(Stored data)
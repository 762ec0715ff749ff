// "Services: 0 energy; 1, 2, 3 primary, secondary, contingency reserve; 4 regulation."
ghost use Rattle.std.specs.Prelude.{◌≡◌, ◌≤◌, eqb};
ghost use Rattle.offer_rules.specs.Offer.{is_reserve};

// Numbers, since byte 7 may be any.
pub const ENERGY: u8 = 0;

pub const PRIMARY_RESERVE: u8 = 1;

pub const CONTINGENCY_RESERVE: u8 = 3;

pub const REGULATION: u8 = 4;

// A number and no enum: a service is added to a place (W2 + s, the limits, the cells) and held against S.
#[derive(Clone, Copy, Debug, PartialEq, Eq)]
pub struct Service {
    pub number: u8,
    pub ghost known: { number ≤ 4 },
}

impl Service {
    pub fn is_energy(self) -> bool
        ensures { result ≡ eqb self.number 0 }
    {
        self.number == ENERGY
    }

    pub fn is_reserve(self) -> bool
        ensures { result ≡ is_reserve self.number }
    {
        (PRIMARY_RESERVE..=CONTINGENCY_RESERVE).contains(&self.number)
    }

    // How far its word lies from that of service 0.
    pub fn place(self) -> usize
        ensures { (result ≡ self.number) × (result ≤ 4) }
    {
        usize::from(self.number)
    }
}
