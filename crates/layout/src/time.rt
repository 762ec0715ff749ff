// "Units and time", and the limits of minutes and periods.
// Narrowing stays `as`, proved to lose nothing: a `try_from` would be tested as it runs.
ghost use Rattle.std.specs.Prelude.{◌≡◌, ◌+◌, ◌≤◌, ◌<◌};
ghost use Rattle.offer_rules.specs.Time.{slot_of};

use crate::cell::Stamp;

pub const PERIOD_MINUTES: u64 = 30;

pub const DAY_MINUTES: u64 = 1440;

pub const DAY_PERIODS: u64 = 48;

// "The slot of P is P mod 336."
pub const SLOTS: u64 = 336;

pub const LAST_SLOT: i32 = SLOTS as i32 - 1;

// "slot outside 0–335" draws 10.
#[derive(Clone, Copy, Debug, PartialEq, Eq)]
pub struct Slot {
    pub number: usize,
    pub ghost in_week: { number < 336 },
}

// A half hour, counted from the start of 2024, that has a stamp: a cell's word holds P + 1.
#[derive(Clone, Copy, Debug, PartialEq, Eq)]
pub struct Period {
    pub number: u64,
    pub ghost stamped: { number < 2147483647 },
}

impl Period {
    pub fn slot(self) -> Slot
        ensures { result.number ≡ slot_of self.number }
    {
        Slot {
            number: (self.number % SLOTS) as usize,
        }
    }

    pub fn stamp(self) -> Stamp
        ensures { result.number ≡ self.number + 1 }
    {
        Stamp {
            number: (self.number + 1) as u32,
        }
    }
}

// "windows 1 to 0 (empty)"
pub const EMPTY_WINDOW: [i32; 2] = [1, 0];

// "P ≥ 48·(d + 7)"
pub const HORIZON_DAYS: u64 = 7;

// "A variation is open when 30·P − now is 65 or more."
pub const GATE_CLOSURE_MINUTES: u64 = 65;

// "Word 0 is 3 for standing and 4 for variation while now minus that minute is below 5."
pub const SCHEDULE_CUTOFF_MINUTES: i64 = 5;

pub const LAST_MINUTE: i32 = 1000000000;

// What a clock shows, or "the minute" of acceptance: "clock outside 0 to 1,000,000,000" draws 1.
#[derive(Clone, Copy, Debug, PartialEq, Eq)]
pub struct Minute {
    pub number: u64,
    pub ghost timely: { number ≤ 1000000000 },
}

// "not 0 ≤ A ≤ B ≤ 40,000,000"
pub const LAST_NOTICE_PERIOD: i32 = 40000000;

// "for 2024 to 2099", and the last period of 31 December 2099
pub const FIRST_YEAR: u64 = 2024;

pub const LAST_YEAR: u64 = 2099;

pub const LAST_DATED_PERIOD: i32 = 1332431;
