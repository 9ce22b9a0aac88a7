// One contract's answer, by its row of the tables, the totals of the day's trades, its TWAP instrument's sum and the closes before it, rounded once.
// Hosts do not call it: what its functions ask of their caller, `six_answers` has from an accepted sheet.
#![tactic(auto)]

ghost use Rattle.std.specs.Prelude.{◌≡◌, ◌<◌};
ghost use Rattle.twap.specs.Span.{span_says};
ghost use Rattle.price_rules.specs.Closing.{twap_by, answered};
ghost use Rattle.price_rules.specs.Says.{answer_says};
ghost use Rattle.contract_price.specs.laws.Numbers.{Summable, mean_by, row_by, step_by};

use cents::rounded_close;
use market::{MINIMUM_LOTS, WINDOW, contract_of, is_marked, is_named, leg_of, step_by};
use price_rules::{
    Answer, Book, LentCloses, Mean, Method, Priced, Sum, Unpriced, implied_price, vwap_sum,
};

// The mean of the indicator over the window, applied to the other leg's close; none where there is no reference.
fn indicator_mean(marks: u16, closes: &LentCloses<'_>, i: u8, span: Option<i64>) -> Option<Mean>
    requires { Summable (span_says span) }
    ensures { result ≡ twap_by marks closes.now.cents.now i (span_says span) }
{
    let total = span?;
    let times = WINDOW as u64;
    Some(Mean {
        method: Method::Twap,
        sum: implied_price(closes, leg_of(i), is_marked(marks, i), times, total),
        weight: times,
    })
}

// VWAP at the minimum of lots or more, TWAP below.
fn mean_by_lots(
    marks: u16,
    closes: &LentCloses<'_>,
    i: u8,
    s: Sum,
    span: Option<i64>,
) -> Option<Mean>
    requires { Summable (span_says span) }
    ensures { result ≡ mean_by marks closes.now.cents.now i s (span_says span) }
{
    if MINIMUM_LOTS <= s.lots {
        Some(Mean {
            method: Method::Vwap,
            sum: s.sum,
            weight: s.lots,
        })
    } else {
        indicator_mean(marks, closes, i, span)
    }
}

// The rounded mean as an answer.
fn rounded(mean: Option<Mean>, lots: u64, step: u32) -> Answer
    ensures { answer_says result ≡ answered step lots mean }
{
    let mean = mean.ok_or(Unpriced::NoReference(lots))?;
    let close = rounded_close(mean.sum, mean.weight, step).ok_or(Unpriced::OutOfRange(lots))?;
    Ok(Priced {
        method: mean.method,
        close,
        lots,
    })
}

// One contract, by its row and the closes before it.
fn answer_by_row(book: &Book, closes: &LentCloses<'_>, span: Option<i64>, c: usize) -> Answer
    requires { Summable (span_says span) × (c < 6) }
    ensures { answer_says result ≡ row_by book.now.metal book.now.marks book.now.totals closes.now.cents.now (span_says span) c }
{
    let row = contract_of(c);
    let s = vwap_sum(book, closes, row.first, row.past);
    let mean = mean_by_lots(book.marks, closes, row.twap, s, span);
    rounded(mean, s.lots, step_by(book.metal, row.step))
}

// The answer of a contract, with what is known before it, the closes, whether a contract was refused, and 3M's answer: where 3M is that contract, 3M's.
pub fn price_one(
    book: &Book,
    closes: &LentCloses<'_>,
    stopped: bool,
    three: Answer,
    span: Option<i64>,
    c: usize,
) -> Answer
    requires { Summable (span_says span) × (c < 6) }
    ensures { answer_says result ≡ step_by book.now.metal book.now.marks book.now.third book.now.totals (span_says span) (record { closes = closes.now.cents.now; stopped = stopped; three = answer_says three }) c }
{
    if stopped {
        return Err(Unpriced::NotReached);
    }
    if is_named(book.third, c) {
        return three;
    }
    answer_by_row(book, closes, span, c)
}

[Your goal]
Retype every record above exactly as it stands.

[Answer area]
repository 762ec0715ff749ff
// "Services: 0 energy; 1, 2, 3 primary, secondary, contingency reserve; 4 regulation."
ghost use Rattle.std.specs.Prelude.{◌≡◌, ◌≤◌, eqb};
ghost use Rattle.offer_rules.specs.Offer.{is_reserve};

// Numbers, since byte 7 may be any.
pub const ENERGY: u8 = 0;

pub const PRIMARY_RESERVE: u8 = 1;

pub const CONTINGENCY_RESERVE: u8 = 3;

pub const REGULATION: u8 = 4;

// A number and no enum: a service is added to a place (W2 + s, the limits, the cells) and held against S.
#[derive(Clone, Copy, Debug, PartialEq, Eq)]
pub struct Service {
    pub number: u8,
    pub ghost known: { number ≤ 4 },
}

impl Service {
    pub fn is_energy(self) -> bool
        ensures { result ≡ eqb self.number 0 }
    {
        self.number == ENERGY
    }

    pub fn is_reserve(self) -> bool
        ensures { result ≡ is_reserve self.number }
    {
        (PRIMARY_RESERVE..=CONTINGENCY_RESERVE).contains(&self.number)
    }

    // How far its word lies from that of service 0.
    pub fn place(self) -> usize
        ensures { (result ≡ self.number) × (result ≤ 4) }
    {
        usize::from(self.number)
    }
}
filename crates/layout/src/time.rt
repository 762ec0715ff749ff
// "Units and time", and the limits of minutes and periods.
// Narrowing stays `as`, proved to lose nothing: a `try_from` would be tested as it runs.
ghost use Rattle.std.specs.Prelude.{◌≡◌, ◌+◌, ◌≤◌, ◌<◌};
ghost use Rattle.offer_rules.specs.Time.{slot_of};

use crate::cell::Stamp;

pub const PERIOD_MINUTES: u64 = 30;

pub const DAY_MINUTES: u64 = 1440;

pub const DAY_PERIODS: u64 = 48;

// "The slot of P is P mod 336."
pub const SLOTS: u64 = 336;

pub const LAST_SLOT: i32 = SLOTS as i32 - 1;

// "slot outside 0–335" draws 10.
#[derive(Clone, Copy, Debug, PartialEq, Eq)]
pub struct Slot {
    pub number: usize,
    pub ghost in_week: { number < 336 },
}

// A half hour, counted from the start of 2024, that has a stamp: a cell's word holds P + 1.
#[derive(Clone, Copy, Debug, PartialEq, Eq)]
pub struct Period {
    pub number: u64,
    pub ghost stamped: { number < 2147483647 },
}

impl Period {
    pub fn slot(self) -> Slot
        ensures { result.number ≡ slot_of self.number }
    {
        Slot {
            number: (self.number % SLOTS) as usize,
        }
    }

    pub fn stamp(self) -> Stamp
        ensures { result.number ≡ self.number + 1 }
    {
        Stamp {
            number: (self.number + 1) as u32,
        }
    }
}

// "windows 1 to 0 (empty)"
pub const EMPTY_WINDOW: [i32; 2] = [1, 0];

// "P ≥ 48·(d + 7)"
pub const HORIZON_DAYS: u64 = 7;

// "A variation is open when 30·P − now is 65 or more."
pub const GATE_CLOSURE_MINUTES: u64 = 65;

// "Word 0 is 3 for standing and 4 for variation while now minus that minute is below 5."
pub const SCHEDULE_CUTOFF_MINUTES: i64 = 5;

pub const LAST_MINUTE: i32 = 1000000000;

// What a clock shows, or "the minute" of acceptance: "clock outside 0 to 1,000,000,000" draws 1.
#[derive(Clone, Copy, Debug, PartialEq, Eq)]
pub struct Minute {
    pub number: u64,
    pub ghost timely: { number ≤ 1000000000 },
}

// "not 0 ≤ A ≤ B ≤ 40,000,000"
pub const LAST_NOTICE_PERIOD: i32 = 40000000;

// "for 2024 to 2099", and the last period of 31 December 2099
pub const FIRST_YEAR: u64 = 2024;

pub const LAST_YEAR: u64 = 2099;

pub const LAST_DATED_PERIOD: i32 = 1332431;
repository 9ce22b9a0aac88a7
// One contract's answer, by its row of the tables, the totals of the day's trades, its TWAP instrument's sum and the closes before it, rounded once.
// Hosts do not call it: what its functions ask of their caller, `six_answers` has from an accepted sheet.
#![tactic(auto)]

ghost use Rattle.std.specs.Prelude.{◌≡◌, ◌<◌};
ghost use Rattle.twap.specs.Span.{span_says};
ghost use Rattle.price_rules.specs.Closing.{twap_by, answered};
ghost use Rattle.price_rules.specs.Says.{answer_says};
ghost use Rattle.contract_price.specs.laws.Numbers.{Summable, mean_by, row_by, step_by};

use cents::rounded_close;
use market::{MINIMUM_LOTS, WINDOW, contract_of, is_marked, is_named, leg_of, step_by};
use price_rules::{
    Answer, Book, LentCloses, Mean, Method, Priced, Sum, Unpriced, implied_price, vwap_sum,
};

// The mean of the indicator over the window, applied to the other leg's close; none where there is no reference.
fn indicator_mean(marks: u16, closes: &LentCloses<'_>, i: u8, span: Option<i64>) -> Option<Mean>
    requires { Summable (span_says span) }
    ensures { result ≡ twap_by marks closes.now.cents.now i (span_says span) }
{
    let total = span?;
    let times = WINDOW as u64;
    Some(Mean {
        method: Method::Twap,
        sum: implied_price(closes, leg_of(i), is_marked(marks, i), times, total),
        weight: times,
    })
}

// VWAP at the minimum of lots or more, TWAP below.
fn mean_by_lots(
    marks: u16,
    closes: &LentCloses<'_>,
    i: u8,
    s: Sum,
    span: Option<i64>,
) -> Option<Mean>
    requires { Summable (span_says span) }
    ensures { result ≡ mean_by marks closes.now.cents.now i s (span_says span) }
{
    if MINIMUM_LOTS <= s.lots {
        Some(Mean {
            method: Method::Vwap,
            sum: s.sum,
            weight: s.lots,
        })
    } else {
        indicator_mean(marks, closes, i, span)
    }
}

// The rounded mean as an answer.
fn rounded(mean: Option<Mean>, lots: u64, step: u32) -> Answer
    ensures { answer_says result ≡ answered step lots mean }
{
    let mean = mean.ok_or(Unpriced::NoReference(lots))?;
    let close = rounded_close(mean.sum, mean.weight, step).ok_or(Unpriced::OutOfRange(lots))?;
    Ok(Priced {
        method: mean.method,
        close,
        lots,
    })
}

// One contract, by its row and the closes before it.
fn answer_by_row(book: &Book, closes: &LentCloses<'_>, span: Option<i64>, c: usize) -> Answer
    requires { Summable (span_says span) × (c < 6) }
    ensures { answer_says result ≡ row_by book.now.metal book.now.marks book.now.totals closes.now.cents.now (span_says span) c }
{
    let row = contract_of(c);
    let s = vwap_sum(book, closes, row.first, row.past);
    let mean = mean_by_lots(book.marks, closes, row.twap, s, span);
    rounded(mean, s.lots, step_by(book.metal, row.step))
}

// The answer of a contract, with what is known before it, the closes, whether a contract was refused, and 3M's answer: where 3M is that contract, 3M's.
pub fn price_one(
    book: &Book,
    closes: &LentCloses<'_>,
    stopped: bool,
    three: Answer,
    span: Option<i64>,
    c: usize,
) -> Answer
    requires { Summable (span_says span) × (c < 6) }
    ensures { answer_says result ≡ step_by book.now.metal book.now.marks book.now.third book.now.totals (span_says span) (record { closes = closes.now.cents.now; stopped = stopped; three = answer_says three }) c }
{
    if stopped {
        return Err(Unpriced::NotReached);
    }
    if is_named(book.third, c) {
        return three;
    }
    answer_by_row(book, closes, span, c)
}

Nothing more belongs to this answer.